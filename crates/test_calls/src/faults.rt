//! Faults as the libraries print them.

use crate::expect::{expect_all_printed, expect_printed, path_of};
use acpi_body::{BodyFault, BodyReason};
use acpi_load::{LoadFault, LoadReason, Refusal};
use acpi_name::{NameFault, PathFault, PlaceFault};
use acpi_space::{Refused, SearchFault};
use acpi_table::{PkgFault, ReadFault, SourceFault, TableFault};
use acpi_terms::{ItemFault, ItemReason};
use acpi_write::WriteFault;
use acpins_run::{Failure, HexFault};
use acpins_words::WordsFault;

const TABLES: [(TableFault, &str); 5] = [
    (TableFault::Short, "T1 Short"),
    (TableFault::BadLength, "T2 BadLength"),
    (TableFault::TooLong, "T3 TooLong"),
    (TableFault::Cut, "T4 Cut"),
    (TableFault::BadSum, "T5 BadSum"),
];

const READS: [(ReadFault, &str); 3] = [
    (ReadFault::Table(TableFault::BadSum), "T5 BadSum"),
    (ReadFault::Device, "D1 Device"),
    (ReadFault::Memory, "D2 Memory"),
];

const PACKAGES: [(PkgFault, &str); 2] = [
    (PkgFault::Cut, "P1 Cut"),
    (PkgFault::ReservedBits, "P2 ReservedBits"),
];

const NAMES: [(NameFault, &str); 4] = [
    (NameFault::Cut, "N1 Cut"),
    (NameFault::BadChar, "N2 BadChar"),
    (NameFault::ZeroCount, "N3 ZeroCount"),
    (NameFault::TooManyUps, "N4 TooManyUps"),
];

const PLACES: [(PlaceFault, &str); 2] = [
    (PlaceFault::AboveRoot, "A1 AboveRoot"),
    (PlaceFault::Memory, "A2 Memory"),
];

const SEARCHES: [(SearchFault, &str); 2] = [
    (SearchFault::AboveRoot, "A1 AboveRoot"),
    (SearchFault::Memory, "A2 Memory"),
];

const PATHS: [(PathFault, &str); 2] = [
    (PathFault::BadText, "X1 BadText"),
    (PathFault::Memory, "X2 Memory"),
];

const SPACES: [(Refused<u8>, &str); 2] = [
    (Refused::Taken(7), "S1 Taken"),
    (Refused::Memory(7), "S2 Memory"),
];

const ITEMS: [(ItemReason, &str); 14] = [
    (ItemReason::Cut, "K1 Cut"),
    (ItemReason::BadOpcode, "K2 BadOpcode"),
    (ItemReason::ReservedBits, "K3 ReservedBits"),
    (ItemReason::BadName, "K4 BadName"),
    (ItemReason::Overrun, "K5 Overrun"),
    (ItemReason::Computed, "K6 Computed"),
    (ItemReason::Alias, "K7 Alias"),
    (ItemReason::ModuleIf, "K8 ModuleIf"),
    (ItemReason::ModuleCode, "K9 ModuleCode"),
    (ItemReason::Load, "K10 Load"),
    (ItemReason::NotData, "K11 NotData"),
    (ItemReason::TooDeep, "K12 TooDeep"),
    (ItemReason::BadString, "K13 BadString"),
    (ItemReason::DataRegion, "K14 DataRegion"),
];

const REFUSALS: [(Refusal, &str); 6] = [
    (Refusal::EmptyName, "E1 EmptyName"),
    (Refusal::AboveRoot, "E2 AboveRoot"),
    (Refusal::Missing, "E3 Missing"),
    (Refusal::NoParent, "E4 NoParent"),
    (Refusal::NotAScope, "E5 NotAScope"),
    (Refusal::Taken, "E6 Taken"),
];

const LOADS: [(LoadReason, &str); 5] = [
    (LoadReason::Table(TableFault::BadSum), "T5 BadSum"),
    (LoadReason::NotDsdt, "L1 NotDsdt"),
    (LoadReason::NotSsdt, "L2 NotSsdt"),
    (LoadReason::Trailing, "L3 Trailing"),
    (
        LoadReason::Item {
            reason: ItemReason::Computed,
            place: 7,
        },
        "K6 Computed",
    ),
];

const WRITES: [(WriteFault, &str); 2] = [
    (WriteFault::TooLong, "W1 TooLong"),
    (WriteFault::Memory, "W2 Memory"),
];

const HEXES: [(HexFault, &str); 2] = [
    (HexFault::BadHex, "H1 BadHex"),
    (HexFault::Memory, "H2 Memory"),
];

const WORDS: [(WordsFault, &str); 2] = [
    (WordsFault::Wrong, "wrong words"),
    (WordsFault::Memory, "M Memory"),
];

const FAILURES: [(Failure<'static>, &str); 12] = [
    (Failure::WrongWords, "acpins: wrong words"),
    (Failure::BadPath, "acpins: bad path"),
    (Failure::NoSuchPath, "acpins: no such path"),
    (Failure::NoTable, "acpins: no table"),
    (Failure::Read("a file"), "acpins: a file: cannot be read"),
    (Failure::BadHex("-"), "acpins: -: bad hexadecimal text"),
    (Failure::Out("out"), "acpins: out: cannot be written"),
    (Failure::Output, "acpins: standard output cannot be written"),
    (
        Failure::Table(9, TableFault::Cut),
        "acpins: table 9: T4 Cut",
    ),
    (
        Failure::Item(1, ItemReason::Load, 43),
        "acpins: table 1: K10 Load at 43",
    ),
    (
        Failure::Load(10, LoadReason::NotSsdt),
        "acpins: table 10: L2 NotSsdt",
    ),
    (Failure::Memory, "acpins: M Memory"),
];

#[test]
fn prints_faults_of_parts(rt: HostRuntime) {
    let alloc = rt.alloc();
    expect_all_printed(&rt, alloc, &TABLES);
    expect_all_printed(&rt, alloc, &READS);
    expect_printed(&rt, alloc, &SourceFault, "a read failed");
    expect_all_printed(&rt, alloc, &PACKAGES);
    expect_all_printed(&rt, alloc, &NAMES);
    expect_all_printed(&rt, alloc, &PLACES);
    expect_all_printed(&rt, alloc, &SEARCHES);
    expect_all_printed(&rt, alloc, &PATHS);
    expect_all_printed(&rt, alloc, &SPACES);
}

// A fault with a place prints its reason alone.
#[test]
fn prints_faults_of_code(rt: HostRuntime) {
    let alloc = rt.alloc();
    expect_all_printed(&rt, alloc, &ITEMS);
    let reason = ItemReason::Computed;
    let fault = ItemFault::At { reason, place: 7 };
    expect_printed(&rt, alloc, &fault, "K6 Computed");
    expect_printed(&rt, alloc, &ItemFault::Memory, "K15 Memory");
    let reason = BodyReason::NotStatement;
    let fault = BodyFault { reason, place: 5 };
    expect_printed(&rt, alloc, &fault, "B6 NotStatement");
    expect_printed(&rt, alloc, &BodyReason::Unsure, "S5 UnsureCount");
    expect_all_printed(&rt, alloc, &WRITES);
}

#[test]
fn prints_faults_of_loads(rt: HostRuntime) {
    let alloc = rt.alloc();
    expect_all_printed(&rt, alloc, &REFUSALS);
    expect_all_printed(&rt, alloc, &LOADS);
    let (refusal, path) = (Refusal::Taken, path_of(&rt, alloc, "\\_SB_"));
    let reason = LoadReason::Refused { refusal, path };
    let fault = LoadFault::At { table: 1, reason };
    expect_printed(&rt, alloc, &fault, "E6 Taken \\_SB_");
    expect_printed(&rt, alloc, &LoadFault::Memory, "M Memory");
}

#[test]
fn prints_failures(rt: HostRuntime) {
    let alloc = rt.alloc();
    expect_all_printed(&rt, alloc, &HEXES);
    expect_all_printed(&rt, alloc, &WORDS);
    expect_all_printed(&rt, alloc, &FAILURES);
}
--
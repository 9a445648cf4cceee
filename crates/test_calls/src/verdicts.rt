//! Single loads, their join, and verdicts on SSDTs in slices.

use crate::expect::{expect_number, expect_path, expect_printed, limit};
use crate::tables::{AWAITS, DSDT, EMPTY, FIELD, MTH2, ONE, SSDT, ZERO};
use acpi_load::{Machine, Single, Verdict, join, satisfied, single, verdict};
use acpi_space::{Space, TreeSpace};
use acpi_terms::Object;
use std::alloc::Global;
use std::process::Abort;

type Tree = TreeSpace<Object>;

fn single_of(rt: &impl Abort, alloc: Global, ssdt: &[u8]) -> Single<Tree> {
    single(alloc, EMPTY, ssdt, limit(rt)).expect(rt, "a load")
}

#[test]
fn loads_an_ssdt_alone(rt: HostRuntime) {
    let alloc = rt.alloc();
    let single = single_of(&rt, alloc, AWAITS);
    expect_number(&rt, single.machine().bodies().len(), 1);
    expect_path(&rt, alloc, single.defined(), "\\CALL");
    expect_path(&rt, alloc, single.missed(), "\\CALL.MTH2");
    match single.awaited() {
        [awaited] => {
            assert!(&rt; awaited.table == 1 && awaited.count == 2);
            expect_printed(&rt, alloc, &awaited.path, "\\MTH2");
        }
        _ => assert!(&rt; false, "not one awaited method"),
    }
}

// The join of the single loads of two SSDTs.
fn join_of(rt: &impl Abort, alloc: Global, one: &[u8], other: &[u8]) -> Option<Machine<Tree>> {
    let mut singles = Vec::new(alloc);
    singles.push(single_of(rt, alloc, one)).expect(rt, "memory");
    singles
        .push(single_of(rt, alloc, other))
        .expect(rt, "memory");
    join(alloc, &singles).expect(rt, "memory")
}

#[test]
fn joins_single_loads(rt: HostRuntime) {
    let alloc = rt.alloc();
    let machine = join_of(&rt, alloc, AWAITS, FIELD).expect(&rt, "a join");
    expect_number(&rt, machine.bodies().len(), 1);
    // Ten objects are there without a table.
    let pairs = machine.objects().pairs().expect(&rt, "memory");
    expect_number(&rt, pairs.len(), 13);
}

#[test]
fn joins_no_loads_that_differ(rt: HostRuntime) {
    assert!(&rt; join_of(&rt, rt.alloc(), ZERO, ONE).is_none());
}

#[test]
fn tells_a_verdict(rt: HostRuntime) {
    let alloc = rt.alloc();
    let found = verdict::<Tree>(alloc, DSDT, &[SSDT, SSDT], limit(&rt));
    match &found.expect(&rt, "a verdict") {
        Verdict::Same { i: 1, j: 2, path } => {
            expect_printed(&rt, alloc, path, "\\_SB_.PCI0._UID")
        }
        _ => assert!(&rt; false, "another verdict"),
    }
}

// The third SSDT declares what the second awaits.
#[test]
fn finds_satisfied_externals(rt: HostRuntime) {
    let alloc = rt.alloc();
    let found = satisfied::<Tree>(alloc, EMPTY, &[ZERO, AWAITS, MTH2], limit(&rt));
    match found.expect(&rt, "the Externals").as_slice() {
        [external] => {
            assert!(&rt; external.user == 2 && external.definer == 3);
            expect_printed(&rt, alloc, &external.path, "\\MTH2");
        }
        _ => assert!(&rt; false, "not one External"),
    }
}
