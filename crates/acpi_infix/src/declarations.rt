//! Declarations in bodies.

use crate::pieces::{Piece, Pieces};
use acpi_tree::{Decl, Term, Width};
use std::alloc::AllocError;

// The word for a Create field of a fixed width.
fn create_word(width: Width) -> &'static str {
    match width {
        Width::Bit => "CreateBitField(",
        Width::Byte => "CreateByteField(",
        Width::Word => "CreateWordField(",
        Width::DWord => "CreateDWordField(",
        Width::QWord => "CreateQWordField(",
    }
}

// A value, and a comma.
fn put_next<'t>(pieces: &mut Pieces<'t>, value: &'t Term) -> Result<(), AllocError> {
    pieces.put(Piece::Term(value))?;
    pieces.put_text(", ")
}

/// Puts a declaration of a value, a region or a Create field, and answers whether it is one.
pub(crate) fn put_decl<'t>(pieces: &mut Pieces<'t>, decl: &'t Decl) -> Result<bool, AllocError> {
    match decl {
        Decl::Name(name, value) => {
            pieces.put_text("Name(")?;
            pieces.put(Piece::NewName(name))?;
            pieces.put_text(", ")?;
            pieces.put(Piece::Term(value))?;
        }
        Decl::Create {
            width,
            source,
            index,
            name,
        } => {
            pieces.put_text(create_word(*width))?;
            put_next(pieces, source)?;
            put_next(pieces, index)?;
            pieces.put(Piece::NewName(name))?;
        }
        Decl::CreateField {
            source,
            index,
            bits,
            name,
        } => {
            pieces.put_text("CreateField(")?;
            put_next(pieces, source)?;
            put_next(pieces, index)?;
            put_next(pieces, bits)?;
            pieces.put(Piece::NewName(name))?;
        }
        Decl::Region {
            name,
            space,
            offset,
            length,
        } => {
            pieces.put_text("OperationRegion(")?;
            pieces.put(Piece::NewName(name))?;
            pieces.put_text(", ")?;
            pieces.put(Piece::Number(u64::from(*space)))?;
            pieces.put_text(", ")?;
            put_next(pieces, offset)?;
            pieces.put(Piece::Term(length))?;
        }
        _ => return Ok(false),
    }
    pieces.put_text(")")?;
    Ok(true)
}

Task prompt: From the records above, copy each line in which the string "ReadFault" occurs.

Exercise result:
use acpi_table::{PkgFault, ReadFault, SourceFault, TableFault};
const READS: [(ReadFault, &str); 3] = [
    (ReadFault::Table(TableFault::BadSum), "T5 BadSum"),
    (ReadFault::Device, "D1 Device"),
    (ReadFault::Memory, "D2 Memory"),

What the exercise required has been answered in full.